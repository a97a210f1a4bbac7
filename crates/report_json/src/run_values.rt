//! The stretches of each team at home or away that are longer than the league allows.

ghost use Rattle.std.specs.Prelude.{◌≡◌, ◌+◌, ◌++◌, ◌<◌, ◌≤◌, IfOk, OnOk};
ghost use Rattle.fixtures.specs.Games.{round_count};
ghost use Rattle.league.specs.Limits.{max_rounds};
ghost use Rattle.serde_json.specs.View.{view};
ghost use Rattle.report_json.specs.within.Parts.{seen};
ghost use Rattle.report_json.specs.Sides.{run_at, run_data, runs_data, runs_of, side_name};

use crate::parts::push_value;
use fixtures::Schedule;
use report_text::{Stretch, windows_ended};
use serde_json::{Value, json};
use std::alloc::{AllocError, Global};

pub(crate) fn runs_value(
    alloc: Global,
    schedule: &Schedule,
    at_most: u8,
) -> Result<Value, AllocError>
    requires least { 1 ≤ at_most }
    requires most { at_most ≤ max_rounds }
    ensures { IfOk result (λ value. view value ≡ runs_data schedule.now at_most) }
{
    let mut runs = Vec::new(alloc);
    for team in 0..schedule.teams() {
        push_runs_of(alloc, &mut runs, schedule, at_most, team)?;
    }
    Ok(Value::from(runs))
}

/// A stretch is added at the round with which no window of it begins any more.
fn push_runs_of(
    alloc: Global,
    runs: &mut Vec<Value>,
    schedule: &Schedule,
    at_most: u8,
    team: u8,
) -> Result<(), AllocError>
    requires least { 1 ≤ at_most }
    requires most { at_most ≤ max_rounds }
    requires team { team < schedule.now.teams }
    ensures { OnOk result (seen runs.new.items ≡ seen runs.old.items ++ runs_of schedule.now at_most team) }
{
    for round in 0..schedule.rounds() {
        let windows = windows_ended(schedule, at_most, team, round);
        let stretch = Stretch {
            team,
            round,
            windows,
        };
        push_run(alloc, runs, schedule, at_most, stretch)?;
    }
    Ok(())
}

/// Adds the stretch, unless it has no window.
fn push_run(
    alloc: Global,
    runs: &mut Vec<Value>,
    schedule: &Schedule,
    at_most: u8,
    stretch: Stretch,
) -> Result<(), AllocError>
    requires team { stretch.team < schedule.now.teams }
    requires round { stretch.round < round_count schedule.now.teams }
    requires windows { stretch.windows ≤ stretch.round }
    ensures { OnOk result (seen runs.new.items ≡ seen runs.old.items
        ++ run_at schedule.now at_most stretch.team stretch.round stretch.windows) }
{
    if stretch.windows == 0 {
        return Ok(());
    }
    let last = schedule.game_at(stretch.team, stretch.round - 1);
    push_value(runs, run_value(alloc, at_most, last.home, stretch)?)?;
    Ok(())
}

fn run_value(alloc: Global, at_most: u8, home: bool, stretch: Stretch) -> Result<Value, AllocError>
    requires { stretch.windows ≤ stretch.round }
    ensures { IfOk result (λ value. view value ≡ run_data at_most home stretch.team stretch.round stretch.windows) }
{
    let first = (stretch.round - stretch.windows) as u64 + 1;
    let last = stretch.round as u64 + at_most as u64;
    json!(in alloc; {
        "first": first,
        "last": last,
        "side": side_name(home),
        "team": stretch.team as u64 + 1,
        "windows": stretch.windows as u64,
    })
}

fn side_name(home: bool) -> &'static str
    ensures { result.now ≡ side_name home }
{
    if home { "home" } else { "away" }
}
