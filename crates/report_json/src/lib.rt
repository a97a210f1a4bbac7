//! The report of a double round robin as JSON: the league, the games by round, what they cost, and what that is made of.
//!
//! Teams, rounds and rules are numbered from 0 in calls, and from 1 in the text. Everything here takes memory.
#![tactic(auto)]

mod breach_values;
mod game_values;
mod label_values;
mod meeting_values;
mod parts;
mod report_value;
mod rule_values;
mod run_values;
mod team_values;

pub use report_value::json_report;
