//! The teams' names and tours.

ghost use Rattle.std.specs.Prelude.{◌≡◌, ◌<◌, IfOk};
ghost use Rattle.fixtures.specs.Games.{round_count};
ghost use Rattle.league.specs.League.{teams};
ghost use Rattle.serde_json.specs.View.{view};
ghost use Rattle.report_json.specs.Rounds.{names_data, place_of, places_data, tour_data, tours_data};

use crate::parts::push_value;
use fixtures::Schedule;
use league::League;
use serde_json::{Value, json};
use std::alloc::{AllocError, Global};
use tours::travel_of;

pub(crate) fn names_value(alloc: Global, league: &League) -> Result<Value, AllocError>
    ensures { IfOk result (λ value. view value ≡ names_data league.now (teams league.now)) }
{
    let mut names = Vec::new(alloc);
    for team in 0..league.teams() {
        push_value(&mut names, Value::try_from_str(alloc, league.name(team))?)?;
    }
    Ok(Value::from(names))
}

pub(crate) fn tours_value(
    alloc: Global,
    league: &League,
    schedule: &Schedule,
) -> Result<Value, AllocError>
    requires { schedule.now.teams ≡ teams league.now }
    ensures { IfOk result (λ value. view value ≡ tours_data league.now schedule.now) }
{
    let mut tours = Vec::new(alloc);
    for team in 0..schedule.teams() {
        push_value(&mut tours, tour_value(alloc, league, schedule, team)?)?;
    }
    Ok(Value::from(tours))
}

fn tour_value(
    alloc: Global,
    league: &League,
    schedule: &Schedule,
    team: u8,
) -> Result<Value, AllocError>
    requires same { schedule.now.teams ≡ teams league.now }
    requires team { team < schedule.now.teams }
    ensures { IfOk result (λ value. view value ≡ tour_data league.now schedule.now team) }
{
    let places = places_value(alloc, schedule, team)?;
    let travel = travel_of(schedule, league, team);
    json!(in alloc; {"places": places, "team": team as u64 + 1, "travel": travel})
}

/// Where the team is in each round.
fn places_value(alloc: Global, schedule: &Schedule, team: u8) -> Result<Value, AllocError>
    requires { team < schedule.now.teams }
    ensures { IfOk result (λ value. view value ≡ places_data schedule.now team) }
{
    let mut places = Vec::new(alloc);
    for round in 0..schedule.rounds() {
        let place = place_of(schedule, team, round);
        push_value(&mut places, Value::from(place as u64 + 1))?;
    }
    Ok(Value::from(places))
}

/// Whose home the team is at in the round.
fn place_of(schedule: &Schedule, team: u8, round: u8) -> u8
    requires team { team < schedule.now.teams }
    requires round { round < round_count schedule.now.teams }
    ensures { result ≡ place_of schedule.now team round }
{
    let game = schedule.game_at(team, round);
    if game.home { team } else { game.opponent }
}
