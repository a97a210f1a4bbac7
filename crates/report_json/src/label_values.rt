//! The names that a league gives itself, its teams in short, and its rounds.

ghost use Rattle.std.specs.Prelude.{◌≡◌, ◌++◌, option_map, IfOk, OnOk};
ghost use Rattle.serde_json.specs.View.{view};
ghost use Rattle.report_json.specs.within.Parts.{seen};
ghost use Rattle.report_json.specs.Labels.{round_texts_data, short_names_data, text_at, title_data};

use crate::parts::push_value;
use league::League;
use league::limits::round_count;
use serde_json::Value;
use std::alloc::{AllocError, Global};

pub(crate) fn title_value(alloc: Global, league: &League) -> Result<Value, AllocError>
    ensures { IfOk result (λ value. view value ≡ title_data league.now.labels.title) }
{
    match league.title() {
        Some(title) => Value::try_from_str(alloc, title),
        None => Ok(Value::Null),
    }
}

/// The short names of the teams, if the league has any.
pub(crate) fn short_names_value(alloc: Global, league: &League) -> Result<Value, AllocError>
    ensures { IfOk result (λ value. view value ≡ short_names_data league.now) }
{
    let mut names = Vec::new(alloc);
    for team in 0..league.teams() {
        push_text(alloc, &mut names, league.short_name(team))?;
    }
    Ok(Value::from(names))
}

/// The texts of the rounds, if the league has any.
pub(crate) fn round_texts_value(alloc: Global, league: &League) -> Result<Value, AllocError>
    ensures { IfOk result (λ value. view value ≡ round_texts_data league.now) }
{
    let mut texts = Vec::new(alloc);
    for round in 0..round_count(league.teams()) {
        push_text(alloc, &mut texts, league.round_text(round))?;
    }
    Ok(Value::from(texts))
}

/// Adds the text, if there is one.
fn push_text(alloc: Global, texts: &mut Vec<Value>, text: Option<&str>) -> Result<(), AllocError>
    ensures { OnOk result (seen texts.new.items ≡ seen texts.old.items ++ text_at (option_map (λ t. t.now) text.entry)) }
{
    match text {
        Some(text) => push_value(texts, Value::try_from_str(alloc, text)?),
        None => Ok(()),
    }
}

* _WHAT THE TASK ASKS_
The lines to extract from the data above begin with the line containing "Ok(Value::from(tours))" and end with the line containing "in the round.". Extract them exactly, including both.

* _SOLUTION FOR THIS TASK_
    Ok(Value::from(tours))
}

fn tour_value(
    alloc: Global,
    league: &League,
    schedule: &Schedule,
    team: u8,
) -> Result<Value, AllocError>
    requires same { schedule.now.teams ≡ teams league.now }
    requires team { team < schedule.now.teams }
    ensures { IfOk result (λ value. view value ≡ tour_data league.now schedule.now team) }
{
    let places = places_value(alloc, schedule, team)?;
    let travel = travel_of(schedule, league, team);
    json!(in alloc; {"places": places, "team": team as u64 + 1, "travel": travel})
}

/// Where the team is in each round.
fn places_value(alloc: Global, schedule: &Schedule, team: u8) -> Result<Value, AllocError>
    requires { team < schedule.now.teams }
    ensures { IfOk result (λ value. view value ≡ places_data schedule.now team) }
{
    let mut places = Vec::new(alloc);
    for round in 0..schedule.rounds() {
        let place = place_of(schedule, team, round);
        push_value(&mut places, Value::from(place as u64 + 1))?;
    }
    Ok(Value::from(places))
}

/// Whose home the team is at in the round.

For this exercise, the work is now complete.